In comments to type0, lead author Xiyang Wu said the surprise was that the two agents changed the data distribution for each other. As the decision agent became more skill-aware, its rollouts became cleaner and easier for the skill-bank agent to segment; as the skill bank improved, the decision agent got better temporal abstractions and stopped constantly re-planning. Wu described the loop as "less like 'learn a skill library, then use it' and more like a mutual curriculum."
The approach uses Group Relative Policy Optimization (GRPO), a reinforcement learning technique where the system rewards itself based on how its decisions compare to a baseline, plus five small LoRA adapters (lightweight fine-tuning modules that let the system specialize without rebuilding the whole model from scratch). Training requires eight A100-80GB GPUs, split four and four between the decision and skill-bank agents, as documented in the project's GitHub repository. Results on single-player games (2048, Candy Crush, Tetris, and Super Mario Bros) show an average 25.1 percent improvement over four frontier large language model baselines using an 8-billion-parameter model called Qwen3-8B. On multi-player social reasoning games (Avalon and Diplomacy), the paper says the system remains competitive without providing a comparable quantitative figure.

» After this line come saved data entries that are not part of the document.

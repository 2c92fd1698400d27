//! What `yacc` does, except its exit.

ghost use Rattle.std.specs.Prelude.{◌≡◌, false, map, is_some};
ghost use Rattle.ylink.specs.Link.{device_of, has_failed};
ghost use Rattle.ylink.specs.Sends.{Sends};
ghost use Rattle.ygenerate.specs.Generating.{Asks, EndsIn, PassesOn, Runs, said_of};
ghost use Rattle.yfolder.specs.Disk.{disk_over};

use crate::arguments::{YaccWords, yacc_words};
use crate::generate::generate;
use crate::message::{Program, Trouble, put_conflicts, put_help};
use clap::error::ErrorKind;
use std::alloc::Global;
use std::io::Write;
use std::rt::Files;
use yfolder::{Disk, Folder};
use ytables::{Counts, Link};

/// What the words of `yacc` ask for.
enum Request<'a> {
    /// The files of a grammar.
    Generate(YaccWords<'a>),
    /// This text of help.
    Help(String),
}

/// What a run did.
#[derive(Clone, Copy)]
enum Done {
    /// It gave help.
    Helped,
    /// It wrote the files of a grammar whose cells count so many conflicts.
    Wrote(Counts),
}

impl Done {
    /// Writes the line on conflicts, where there are some.
    fn put<E: Write>(self, link: &mut Link<E>) -> Option<()>
        ensures { Sends E.contents link.old link.new (is_some result) (said_of self) }
    {
        match self {
            Done::Helped => Some(()),
            Done::Wrote(counts) => put_conflicts(link, counts),
        }
    }
}

/// What the words of `yacc` ask for.
fn request_of<'a>(alloc: Global, words: &'a [&'a str]) -> Result<Request<'a>, Trouble<'a>>
    ensures { Asks (map (λ word. word.now) words.entry.now) result }
{
    match yacc_words(alloc, words) {
        Ok(words) => Ok(Request::Generate(words)),
        Err(error) => match error.kind() {
            ErrorKind::OutOfMemory => Err(Trouble::NoMemory),
            ErrorKind::DisplayHelp => match format!(in alloc; "{error}") {
                Ok(text) => Ok(Request::Help(text)),
                Err(_) => Err(Trouble::NoMemory),
            },
            _ => Err(Trouble::Usage),
        },
    }
}

/// Generates from the files of these words.
fn generate_files<'a, D: Folder>(
    alloc: Global,
    folder: &mut D,
    words: YaccWords<'a>,
) -> Result<Counts, Trouble<'a>>
    ensures { PassesOn D.reads D.unreadable D.opens D.unwritable D.closes D.File.contents folder.old
        folder.new words.entry result }
{
    let (grammar, prefix) = (words.grammar(), words.prefix());
    match generate(alloc, folder, grammar, prefix, words.verbose()) {
        Ok(counts) => Ok(counts),
        Err(fault) => Err(Trouble::of_generating(words, fault)),
    }
}

/// Does what the words ask for.
fn obey<'a, D: Folder, W: Write>(
    alloc: Global,
    folder: &mut D,
    words: &'a [&'a str],
    writer: &mut Link<W>,
) -> Result<Done, Trouble<'a>>
    requires { has_failed writer.old ≡ false }
    ensures { EndsIn D.reads D.unreadable D.opens D.unwritable D.closes D.File.contents folder.old
        folder.new W.contents (map (λ word. word.now) words.entry.now) (device_of writer.old)
        writer.new result }
{
    match request_of(alloc, words) {
        Ok(Request::Generate(words)) => match generate_files(alloc, folder, words) {
            Ok(counts) => Ok(Done::Wrote(counts)),
            Err(trouble) => Err(trouble),
        },
        Ok(Request::Help(text)) => {
            put_help(writer, text.as_str());
            Ok(Done::Helped)
        }
        Err(trouble) => Err(trouble),
    }
}

/// All that `yacc` does over a folder, except its exit: `yacc [-v] [-b prefix] grammar` writes the
/// table of the grammar to the file `prefix.tab`, with `-v` its report to `prefix.output`. A line on
/// conflicts, where there are some, goes to the last link, as messages do. Help goes to the writer.
/// The answer is the exit status: 0 where all was done, 1 where the grammar file is refused, 2 where
/// the words are, 3 where a file can't be read or written, memory runs out, or there are too many
/// item sets. Where a message or a help text can't be written, nothing more is said.
pub fn yacc_in<'a, D: Folder, W: Write, E: Write>(
    alloc: Global,
    folder: &mut D,
    words: &'a [&'a str],
    writer: &mut Link<W>,
    errors: &mut Link<E>,
) -> u8
    ensures { Runs D.reads D.unreadable D.opens D.unwritable D.closes D.File.contents folder.old
        folder.new W.contents E.contents (map (λ word. word.now) words.entry.now)
        (device_of writer.old) writer.new (device_of errors.old) errors.new result }
{
    writer.clear();
    errors.clear();
    match obey(alloc, folder, words, writer) {
        Ok(done) => {
            let _ = done.put(errors);
            let _ = errors.flush();
            0
        }
        Err(trouble) => {
            let _ = trouble.put(errors, Program::Yacc);
            let _ = errors.flush();
            trouble.status()
        }
    }
}

/// All that `yacc` does, except its exit: [`yacc_in`] over the files of the file system.
pub fn yacc_run<'a, F: Files + AllocGlobal + 'a, W: Write, E: Write>(
    rt: &F,
    words: &'a [&'a str],
    writer: &mut Link<W>,
    errors: &mut Link<E>,
) -> u8
    ensures { (after : _) × Runs ⟦<Disk<'a, F> as Folder>⟧.reads ⟦<Disk<'a, F> as Folder>⟧.unreadable
        ⟦<Disk<'a, F> as Folder>⟧.opens ⟦<Disk<'a, F> as Folder>⟧.unwritable
        ⟦<Disk<'a, F> as Folder>⟧.closes F.File.contents (disk_over rt.entry) after
        W.contents E.contents (map (λ word. word.now) words.entry.now)
        (device_of writer.old) writer.new (device_of errors.old) errors.new result }
{
    let mut disk = Disk::new(rt);
    yacc_in(rt.alloc(), &mut disk, words, writer, errors)
}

Catastrophic forgetting, the tendency of a model to lose capabilities in one area while improving in another, is a known hazard of reinforcement learning training. COSPLAY's authors acknowledge it in the paper. What the paper's abstract omits is that MMLU-Pro and Math-500 scores fell below the base model's during training, not just relative to some hypothetical ceiling but in absolute terms against the same unmodified Qwen3-8B. Those numbers are listed in the GitHub repository, not in the paper's main results section.
The work appears as a preprint on arXiv, submitted April 22, 2026 by a team of eight researchers from UMD's GAMMA lab led by Xiyang Wu and Dinesh Manocha. It has not been peer-reviewed and no independent lab has reproduced the results. The compute requirements, eight A100-80GB GPUs (roughly $30,000 to $40,000 in cloud hardware at current rates), put independent replication beyond most academic groups. Wu told type0 that the eight-GPU setup is partly a speed choice, not a hard conceptual requirement: the GPU requirement can be lowered if researchers accept slower training and inference. But he also cautioned that simply extracting the text skill library and attaching it to a vanilla base model may not work; a few adaptation steps may still be needed.
What to watch: whether the approach generalizes beyond game environments to real-world agent tasks, and whether the skill-bank component can be decoupled from the full eight-GPU training loop for broader use. The forgotten knowledge problem, if it persists in production settings, would matter for any deployment where a model needs to retain reasoning while also handling newly learned skills. The next independent benchmark on this architecture should tell us whether the game gains survive contact with tasks that actually matter.